And I am not sure if you're serious here or not. One moment you're saying one thing, minutes later you come across like you've never said anything.


----------



## dreamlike

Yeah, one can grow weary of this, to be quite blunt.


----------



## kknd

to be fair with all this: recorded idioms are _leżeć na (obu) łopatkach_ or _położyć/powalić kogoś na (obie) łopatki_; we have also _rzucić kogoś na kolana_ and _paść/padać/rzucać się przed kimś na kolana/na twarz_ and even _na klęczkach/kolanach_. what happened here is probably some kind of blending… nonetheless _być na łopatkach_ (mixing with _być na kolanach_?) seems to be quite often used in contemporary polish—probably because it comes from sport where such phrases seem plausible.

p.s. i found also _być położonym/rozłożonym na (obu) łopatkach_ but who knows… it'd really help if someone could check dictionary…


----------



## voovoo

Personally I am not keen of the short version _na łopatkach_, instead of _rozłożyć na łopadki , _cause it just does not sound good to me. It is like shortening idioms in general - for instance: saying _it's not my cup _ instead _it's not my cup of tea. _Something is missing - does not sound right, so if it does not sound right in the original, better not translate.


----------



## majlo

Does "_Don't count your chickens._" sound off to you yoo?
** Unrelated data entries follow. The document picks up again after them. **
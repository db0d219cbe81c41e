ghost use Rattle.std.specs.Prelude.{◌≡◌, IsTrue, OnOk, OnErr, map};
ghost use Rattle.std.specs.FinMap.{insert};
ghost use Rattle.std.specs.List.{list_all};
ghost use Rattle.keep_repo.specs.Repository.{Repository, held};
ghost use Rattle.keep_change.specs.Change.{added, set, is_as_written, is_ready};
ghost use Rattle.keep_change.specs.Halves.{turned, begun_of, completed_of};
ghost use Rattle.keep_change.specs.Result as made;

use crate::change::{Change, PackMark};
use crate::stored_file::StoredFile;
use crate::turn::Turn;
use keep_repo::Repo;
use std::alloc::AllocError;

impl Change {
    /// Makes the change. Where memory runs out the repository is as it was.
    pub fn apply(&self, repo: &mut Repo) -> Result<(), AllocError>
        requires { IsTrue (is_ready (held repo.old) self.now) }
        ensures ok { OnOk result (repo.new ≡ made.result_of self.now repo.old) }
        ensures err { OnErr result (repo.new ≡ repo.old) }
    {
        self.begin(Turn::Make, repo)?;
        self.complete(Turn::Make, repo);
        Ok(())
    }

    /// Takes the change back. Where memory runs out the repository is as it was.
    pub fn unapply(&self, repo: &mut Repo) -> Result<(), AllocError>
        requires { IsTrue (is_ready (held repo.old) (made.reverse_of self.now)) }
        ensures ok { OnOk result (repo.new ≡ made.result_of (made.reverse_of self.now) repo.old) }
        ensures err { OnErr result (repo.new ≡ repo.old) }
    {
        self.begin(Turn::TakeBack, repo)?;
        self.complete(Turn::TakeBack, repo);
        Ok(())
    }

    /// The first half of a change: puts all that comes. Where memory runs out the repository is as it was.
    pub fn begin(&self, turn: Turn, repo: &mut Repo) -> Result<(), AllocError>
        requires { IsTrue (is_ready (held repo.old) (turned turn self.now)) }
        ensures ok { OnOk result (repo.new ≡ begun_of (turned turn self.now) repo.old) }
        ensures err { OnErr result (repo.new ≡ repo.old) }
    {
        put(self.coming_files(turn), self.coming_marks(turn), repo)
    }

    /// The second half: takes away all that goes. It takes no memory.
    pub fn complete(&self, turn: Turn, repo: &mut Repo)
        ensures { repo.new ≡ completed_of (turned turn self.now) repo.old }
    {
        remove(self.going_files(turn), self.going_marks(turn), repo);
    }

    /// Takes the first half back, in place of the second one. It takes no memory.
    pub fn abandon(&self, turn: Turn, repo: &mut Repo)
        ensures { (r : Repository) → IsTrue (is_ready (held r) (turned turn self.now))
            → repo.old ≡ begun_of (turned turn self.now) r → repo.new ≡ r }
    {
        self.withdraw(turn, repo);
    }

    /// Takes away all that came. It takes no memory.
    fn withdraw(&self, turn: Turn, repo: &mut Repo)
        ensures { repo.new ≡ completed_of (made.reverse_of (turned turn self.now)) repo.old }
    {
        remove(self.coming_files(turn), self.coming_marks(turn), repo);
    }

    /// Takes back what the change made of marks, and nothing else. Where memory runs out some marks are
    /// taken back: it is for a copy that is let go then.
    pub fn unapply_marks(&self, repo: &mut Repo) -> Result<(), AllocError>
        ensures ok { let marks = made.remove_marks self.now.sets (made.put_marks self.now.clears repo.old.marks) in
            OnOk result (repo.new ≡ record repo.old { marks = marks }) }
        ensures err { OnErr result (repo.new.files ≡ repo.old.files) }
    {
        put_marks_there(self.clears.as_slice(), repo)?;
        remove_marks(self.sets.as_slice(), repo);
        Ok(())
    }
}

/// Puts all of the files and marks where there are none, or nothing where memory runs out.
fn put(files: &[StoredFile], marks: &[PackMark], repo: &mut Repo) -> Result<(), AllocError>
    requires files { IsTrue (list_all (is_as_written (held repo.old)) (map added files.now)) }
    requires marks { IsTrue (list_all (is_as_written (held repo.old)) (map set marks.now)) }
    ensures ok { OnOk result (repo.new ≡ record {
      files = made.put_files files.now repo.old.files;
      marks = made.put_marks marks.now repo.old.marks;
    }) }
    ensures err { OnErr result (repo.new ≡ repo.old) }
{
    put_files(files, repo)?;
    if let Err(error) = put_marks(marks, repo) {
        remove_files(files, repo);
        return Err(error);
    }
    Ok(())
}

/// Takes the files and marks away. It takes no memory.
fn remove(files: &[StoredFile], marks: &[PackMark], repo: &mut Repo)
    ensures { repo.new ≡ record {
      files = made.remove_files files.now repo.old.files;
      marks = made.remove_marks marks.now repo.old.marks;
    } }
{
    remove_files(files, repo);
    remove_marks(marks, repo);
}

fn put_file(file: &StoredFile, repo: &mut Repo) -> Result<(), AllocError>
    ensures ok { let files = insert repo.old.files file.now.name file.now.bytes in
        OnOk result (repo.new ≡ record repo.old { files = files }) }
    ensures err { OnErr result (repo.new ≡ repo.old) }
{
    let bytes = file.bytes().clone()?;
    repo.insert_file(file.name(), bytes)
}

/// Puts all of the files, or none.
fn put_files(files: &[StoredFile], repo: &mut Repo) -> Result<(), AllocError>
    requires { IsTrue (list_all (is_as_written (held repo.old)) (map added files.now)) }
    ensures ok { let files = made.put_files files.now repo.old.files in
        OnOk result (repo.new ≡ record repo.old { files = files }) }
    ensures err { OnErr result (repo.new ≡ repo.old) }
{
    for (place, file) in files.iter().enumerate() {
        if let Err(error) = put_file(file, repo) {
            remove_files(&files[..place], repo);
            return Err(error);
        }
    }
    Ok(())
}

/// Puts all of the marks, or none.
fn put_marks(marks: &[PackMark], repo: &mut Repo) -> Result<(), AllocError>
    requires { IsTrue (list_all (is_as_written (held repo.old)) (map set marks.now)) }
    ensures ok { let marks = made.put_marks marks.now repo.old.marks in
        OnOk result (repo.new ≡ record repo.old { marks = marks }) }
    ensures err { OnErr result (repo.new ≡ repo.old) }
{
    for (place, set) in marks.iter().enumerate() {
        if let Err(error) = repo.insert_mark(set.pack, set.mark) {
            remove_marks(&marks[..place], repo);
            return Err(error);
        }
    }
    Ok(())
}

/// Puts the marks one by one, in the place of those that are there. Where memory runs out some are put.
fn put_marks_there(marks: &[PackMark], repo: &mut Repo) -> Result<(), AllocError>
    ensures ok { let marks = made.put_marks marks.now repo.old.marks in
        OnOk result (repo.new ≡ record repo.old { marks = marks }) }
    ensures err { OnErr result (repo.new.files ≡ repo.old.files) }
{
    for put in marks {
        repo.insert_mark(put.pack, put.mark)?;
    }
    Ok(())
}

fn remove_files(files: &[StoredFile], repo: &mut Repo)
    ensures { repo.new ≡ record repo.old { files = made.remove_files files.now repo.old.files } }
{
    for file in files {
        repo.remove_file(file.name());
    }
}

fn remove_marks(marks: &[PackMark], repo: &mut Repo)
    ensures { repo.new ≡ record repo.old { marks = made.remove_marks marks.now repo.old.marks } }
{
    for set in marks {
        repo.remove_mark(set.pack);
    }
}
What about "_If wishes were horses."?_

If the expression in question here were not an idiomatic expression, it would mean that Europe is a person and has scapulas. As we all know that's not the case. If we exclude the literal meaning, what are we left with?


----------



## kknd

that's often used and, i think, accepted in spoken language (maybe some polish: _gdyby kózka nie skakała…_); i'm not sure of it if we are to be formal…  as a sidenote: you might be interested in quite ultimate form of such shortenings—check chinese chengyu and japanese yojijukugo (but those are somewhat set phrases).


----------



## dreamlike

@voovoo - it has little to do with shortening the idiom, it's just some expression derived from the idiom "rozłożyć kogoś na łopatki", and as much as it might not deserve to be called idiom itself, it's certainly idiomatic expression. Note:

Polacy rozłożyli na łopatki Słowaków w swoim drugim meczu Mistrzostw Europy -> Słowacy na łopatkach.

That being said, there's no need nitpick over this.


----------



## LilianaB

In my opinion this is figurative use of  language, not a real idiom.


----------



## dreamlike

Whatever the case may be, it's hardly of any importance...


----------



## Thomas1

The normative version of the idiom in question is ‘leżeć na obie łopatki’. Here ‘na obie łopatki’ is used in the accusative as an adverbial of manner. ‘Na’ is used in this fuction quite often, for instance: [być] na styk, [wyschnąć] na pieprz, [zszyć] na zakładkę, etc. Here the question answers this part is ‘jak?’. As you can see, many Polish native speakers use ‘leżeć na (obu) łopatkach’, which is very frequent today. 'na (obu) łopatkach’ is perceived rather as an adverbial of place just like ‘na łóżku’ used in the wording ‘leżeć na łóżku’ and is accordingly used with the locative. The question that answers this forumulation is ‘gdzie?’.


----------